Calma. A internet ainda não tinha chegado na quebrada. Até tinha, mas naquele esquema de conectar depois da meia-noite pra gastar um pulso só. Pra quem não sabe, a internet usava uma espécie de linha discada, que o computador ligava como se fosse um número de telefone qualquer. Pra isso, haviam os discadores. Coisa bem moderna. Seu modem fazia uns barulhos como se estivesse com fome, e já era. Com um pouco de sorte, você estava pronto pra entrar no bate papo do UOL.
Mas o que mudou para melhor foi a chegada do CD-Rom na parada. Além de uma centena de demos, como já era de praxe, o CD trazia uma ferramenta chamada RPG Maker pra criar meus próprios jogos!
Como assim, criar um jogo? Aquela ideia era muito nova. Ora, se pudesse criar um jogo – e agora podia – como ele poderia ser? As fases seriam grandes? Mapas de cidade, ou de natureza? E as personagens? Vou colocar meu amigo Douglas, meus primos Íkaro, Rafael 1 e Rafael 2. Calma, também vou recriar aquele amor platônico da escola no game!
Aquela ferramenta era poderosa. E ela me tornava poderoso. O poder de contar histórias era meu. Aquela sensação de aptidão só aumentava cada vez que conseguia fazer algo novo. Os gráficos já vinham prontos e eram bem legais. Os mapas foram se tornando maiores, com mais detalhes. Os puzzles que jogávamos nos outros games também não podiam ficar de fora. Inclusive, um dos dias mais divertidos foi quando consegui, pela primeira vez, criar uma passagem secreta atrás de uma cachoeira.
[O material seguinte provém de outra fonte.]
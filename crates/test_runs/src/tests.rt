//! The program over files and sinks in memory, and once over the real ones.
use dl_commands::{delorean, delorean_in_memory};
use dl_files::{Files, GoodFiles, GoodSink, MemFiles, MemSink, Sink};
use short::whole;
use spec_program::status::Status;
use std::alloc::Global;
use std::process::Abort;
use std::test::Fail;

mod calls;
mod depths;
mod failures;
mod in_strata;
mod instructions;
mod intervals;
mod log_reading;
mod narrow;
mod pieces;
mod queries;
mod real_files;
mod recording;
mod refusals;
mod rows;
mod short;
mod strata;
mod tails;
mod tools;
mod versions;

const RUN: &[&str] = &["run", "plan.toml"];

// What the program answers.
fn answer<F: Files, O: Sink>(alloc: Global, words: &[&str], files: &mut F, out: &mut O) -> Status {
    delorean(alloc, words, files, out)
}

fn answer_in_memory(
    alloc: Global,
    words: &[&str],
    files: &mut GoodFiles,
    out: &mut GoodSink,
) -> Status {
    delorean_in_memory(alloc, words, files, out)
}

fn holds<F: Files>(alloc: Global, files: &mut F, name: &str, want: &[u8]) -> bool {
    match files.read(alloc, name) {
        Ok(bytes) => bytes.as_slice() == want,
        Err(_) => false,
    }
}

fn hold_all<F: Files>(
    rt: &impl Abort,
    alloc: Global,
    files: &mut F,
    written: &[(&str, &[u8])],
) -> Result<(), Fail> {
    for (name, text) in written {
        let want = whole(alloc, text)?;
        assert!(rt; holds(alloc, files, name, want.as_slice()), "{name}");
    }
    Ok(())
}

// The call of the files that has this number fails, and this is answered and said.
fn fails_at(
    rt: &impl Abort,
    alloc: Global,
    words: &[&str],
    files: GoodFiles,
    call: u64,
    status: Status,
    said: &[u8],
) -> Result<MemFiles, Fail> {
    let mut files = MemFiles::new(alloc, files, &[call])?;
    let mut out = MemSink::new(alloc, &[])?;
    assert!(rt; answer(alloc, words, &mut files, &mut out) == status);
    assert!(rt; out.taken() == whole(alloc, said)?.as_slice());
    Ok(files)
}

fn write_all<F: Files>(alloc: Global, files: &mut F, read: &[(&str, &[u8])]) -> Result<(), Fail> {
    for (name, text) in read {
        files.write(name, whole(alloc, text)?.as_slice())?;
    }
    Ok(())
}

/// Words, the files that are read, what is answered and said, and the files that are written. The texts may be [short](short).
struct Case {
    words: &'static [&'static str],
    read: &'static [(&'static str, &'static [u8])],
    status: Status,
    said: &'static [u8],
    written: &'static [(&'static str, &'static [u8])],
}

fn come_out(rt: &impl Abort, alloc: Global, cases: &[Case]) -> Result<(), Fail> {
    for case in cases {
        comes_out(rt, alloc, case)?;
    }
    Ok(())
}

fn comes_out(rt: &impl Abort, alloc: Global, case: &Case) -> Result<(), Fail> {
    let mut files = GoodFiles::new(alloc);
    write_all(alloc, &mut files, case.read)?;
    let mut out = GoodSink::new(alloc);
    assert!(rt; answer_in_memory(alloc, case.words, &mut files, &mut out) == case.status);
    assert!(rt; out.taken() == whole(alloc, case.said)?.as_slice());
    hold_all(rt, alloc, &mut files, case.written)
}
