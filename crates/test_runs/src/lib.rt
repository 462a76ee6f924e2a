//! Worked runs: what the program's one call reads, answers, says and writes, byte for byte, over files and sinks in memory, and
//! once over the real ones. There are only tests here, so that they cost no second proof of the crates that they try.
#![tactic(auto)]

#[cfg(test)]
mod tests;
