// The arithmetic of the kinds over slices, exported for the benchmark that compares it with plain Rust.
#![tactic(auto)]

use bits::Bits;
use residue::Residue;
use ring::Kind;
use truncated::{Polynomial, Truncated};

// b[i] = f(a[i], b[i])
fn merge<E: Copy, F: Fn(E, E) -> E>(a: &[E], b: &mut [E], f: F)
    requires { F.IsAlwaysCallable f }
{
    let n = a.len().min(b.len());
    for i in 0..n {
        b[i] = f(a[i], b[i]);
    }
}

// b[i] = a unit part of a[i]; the sum of the valuations
fn split_all<K: Kind>(kind: K, a: &[K::Elem], b: &mut [K::Elem]) -> usize {
    let mut total = 0usize;
    let n = a.len().min(b.len());
    for i in 0..n {
        let (v, u) = kind.split(a[i]);
        total = total.wrapping_add(v);
        b[i] = u;
    }
    total
}

// a[0] × b[0] + a[1] × b[1] + ..
fn dot<K: Kind>(kind: &K, a: &[K::Elem], b: &[K::Elem]) -> K::Elem {
    let mut sum = kind.zero();
    let n = a.len().min(b.len());
    for i in 0..n {
        sum = kind.add(sum, kind.mul(a[i], b[i]));
    }
    sum
}

// The dot product so many times, each put into b.
fn dots<K: Kind>(kind: K, a: &[K::Elem], b: &mut [K::Elem], times: usize) {
    for i in 0..times {
        let sum = dot(&kind, a, b);
        if b.len() > 0 {
            b[i % b.len()] = sum;
        }
    }
}

#[unsafe(no_mangle)]
pub extern "C" fn residue_add(base: u32, depth: usize, a: &[u32], b: &mut [u32]) {
    if let Ok(kind) = Residue::new(base, depth) {
        merge(a, b, |x, y| kind.add(x, y));
    }
}

#[unsafe(no_mangle)]
pub extern "C" fn residue_mul(base: u32, depth: usize, a: &[u32], b: &mut [u32]) {
    if let Ok(kind) = Residue::new(base, depth) {
        merge(a, b, |x, y| kind.mul(x, y));
    }
}

#[unsafe(no_mangle)]
pub extern "C" fn residue_split(base: u32, depth: usize, a: &[u32], b: &mut [u32]) -> usize {
    Residue::new(base, depth).map_or(0, |kind| split_all(kind, a, b))
}

#[unsafe(no_mangle)]
pub extern "C" fn residue_dot(base: u32, depth: usize, a: &[u32], b: &mut [u32], times: usize) {
    if let Ok(kind) = Residue::new(base, depth) {
        dots(kind, a, b, times);
    }
}

#[unsafe(no_mangle)]
pub extern "C" fn truncated_add(base: u32, depth: usize, a: &[Polynomial], b: &mut [Polynomial]) {
    if let Ok(kind) = Truncated::new(base, depth) {
        merge(a, b, |x, y| kind.add(x, y));
    }
}

#[unsafe(no_mangle)]
pub extern "C" fn truncated_mul(base: u32, depth: usize, a: &[Polynomial], b: &mut [Polynomial]) {
    if let Ok(kind) = Truncated::new(base, depth) {
        merge(a, b, |x, y| kind.mul(x, y));
    }
}

#[unsafe(no_mangle)]
pub extern "C" fn truncated_split(
    base: u32,
    depth: usize,
    a: &[Polynomial],
    b: &mut [Polynomial],
) -> usize {
    Truncated::new(base, depth).map_or(0, |kind| split_all(kind, a, b))
}

#[unsafe(no_mangle)]
pub extern "C" fn truncated_dot(
    base: u32,
    depth: usize,
    a: &[Polynomial],
    b: &mut [Polynomial],
    times: usize,
) {
    if let Ok(kind) = Truncated::new(base, depth) {
        dots(kind, a, b, times);
    }
}

#[unsafe(no_mangle)]
pub extern "C" fn bits_add(base: u32, depth: usize, a: &[u32], b: &mut [u32]) {
    if let Ok(kind) = Bits::new(base, depth) {
        merge(a, b, |x, y| kind.add(x, y));
    }
}

#[unsafe(no_mangle)]
pub extern "C" fn bits_mul(base: u32, depth: usize, a: &[u32], b: &mut [u32]) {
    if let Ok(kind) = Bits::new(base, depth) {
        merge(a, b, |x, y| kind.mul(x, y));
    }
}

#[unsafe(no_mangle)]
pub extern "C" fn bits_split(base: u32, depth: usize, a: &[u32], b: &mut [u32]) -> usize {
    Bits::new(base, depth).map_or(0, |kind| split_all(kind, a, b))
}

#[unsafe(no_mangle)]
pub extern "C" fn bits_dot(base: u32, depth: usize, a: &[u32], b: &mut [u32], times: usize) {
    if let Ok(kind) = Bits::new(base, depth) {
        dots(kind, a, b, times);
    }
}
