//! What a walk has learned of its present set: which labels of it can be swapped with which outside it, and what of that is still known after a swap.
#![tactic(auto)]

mod noting;
mod row;
mod table;

pub use row::Row;
pub use table::Answers;

#[cfg(test)]
mod tests {
    use super::*;

    /// Three labels of which each two are a base: the set 1, 2 leads to the set 1, 3.
    #[test]
    fn two_of_three(rt: HostRuntime) {
        let mut answers = Answers::new();
        assert_eq!(rt; answers.row(1).yes | answers.row(1).no, 0);
        answers.note(1, 3, true);
        answers.note(2, 3, true);
        assert_eq!(rt; answers.row(2).yes, 0b100);
        let column = answers.column(3, 0b011);
        assert_eq!(rt; column.yes, 0b011);
        assert_eq!(rt; column.no, 0);
        answers.carry(0b011, 2, 3);
        let column = answers.column(2, 0b101);
        assert_eq!(rt; column.yes, 0b101);
    }

    /// Labels 1 and 2 are never together in a base of the three: the set 1, 3 leads to the set 2, 3.
    #[test]
    fn two_alike(rt: HostRuntime) {
        let mut answers = Answers::new();
        answers.note(1, 2, true);
        answers.note(3, 2, false);
        answers.carry(0b101, 1, 2);
        let row = answers.row(3);
        assert_eq!(rt; row.yes & 0b001, 0);
        assert_eq!(rt; row.no & 0b001, 0b001);
        answers.note(0, 1, true);
        answers.note(49, 1, true);
        assert_eq!(rt; answers.row(49).yes, 0);
    }
}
Acho que se você fosse jogar aquele game, nunca descobriria.
E foi assim que comecei a me aproximar da dimensão sociológica da cultura. Calma, mais um termo que pode ser difícil, né? Vou explicar.
Quando olhamos pra cultura no sentido de elaborar algo, construir sentidos e significados, e ter a intenção de que as pessoas vejam aquilo, estamos falando da dimensão sociológica. Na ocasião, esse “algo” estava ligado a pensamentos do dia a dia de um moleque de pouco mais de 15 anos. Mesmo naquele fazer completamente sem jeito, sem técnica, mas com vontade de representar algo, penso que a dimensão sociológica estava lá, de maneira embrionária.
Mesmo na quebrada, fiz o colégio sem precisar trampar. Metade na escola pública, metade na particular. Privilégio que chama, né? Já que foi assim, tive tempo pra experimentar coisas novas. Com os amigos David, Diogo, Fernando e Luigi, fazíamos experimentos de distribuição dos jogos através de disquetes. Até porque queimar CDs era algo muito caro. Distribuição digital? Nunca ouvimos falar.
Naquela época, eu achava o máximo poder representar meus amigos num videogame. Contar minhas próprias histórias. Histórias lá da Vila Zilda, Zona Norte de São Paulo. Amigos da escola, cuja parceria de vida continua até hoje.
Hoje, a brincadeira da banca de jornal virou profissão. Não que toda brincadeira precise virar algo do tipo. Assim, nasceu pra mim o universo do videogame independente.
Alguns anos depois vejo muita gente criando videogames nas quebradas. Numa dessas, fizemos uma ação com a galera do PAC (Projeto Amigos das Crianças), em Pirituba. E com a mesma ferramenta de anos atrás. Dentro de três meses, a galera conseguiu construir 14 protótipos jogáveis, em 2019. Mais à frente, os games vieram a compor um pacote chamado Videogames da Quebrada, revertendo o valor em cestas básicas para 112 famílias da comunidade.
Tudo isso não seria possível sem a participação de mais pessoas. Guilherme Meneses, da Associação Povos da Terra; Filipe Pereira, da Aoca Game Lab; Marcos Vinícius e Raquel Motta, da Sue The Real; e lógico, minha companheira de vida e de profissão, a Tainá Felix.
Agradeço aos meus pais por me darem um computador naquela época. E também o dinheirinho do CD-Rom. Aos tios e tias das bancas de jornais. Acreditem, pequenos incentivos podem significar muito na formação das pessoas.
Videogame independente é videogame da quebrada!
Vejo você no futuro. Abraços!
* Jaderson Souza é doutorando em Humanidades, Direitos e outras Legitimidades pela FFLCH, na USP e Também é mestre em Tecnologias da Inteligência e Design Digital pela PUC-SP. É presidente da Game e Arte, que desenvolve jogos e facilita processos educacionais por meio deles.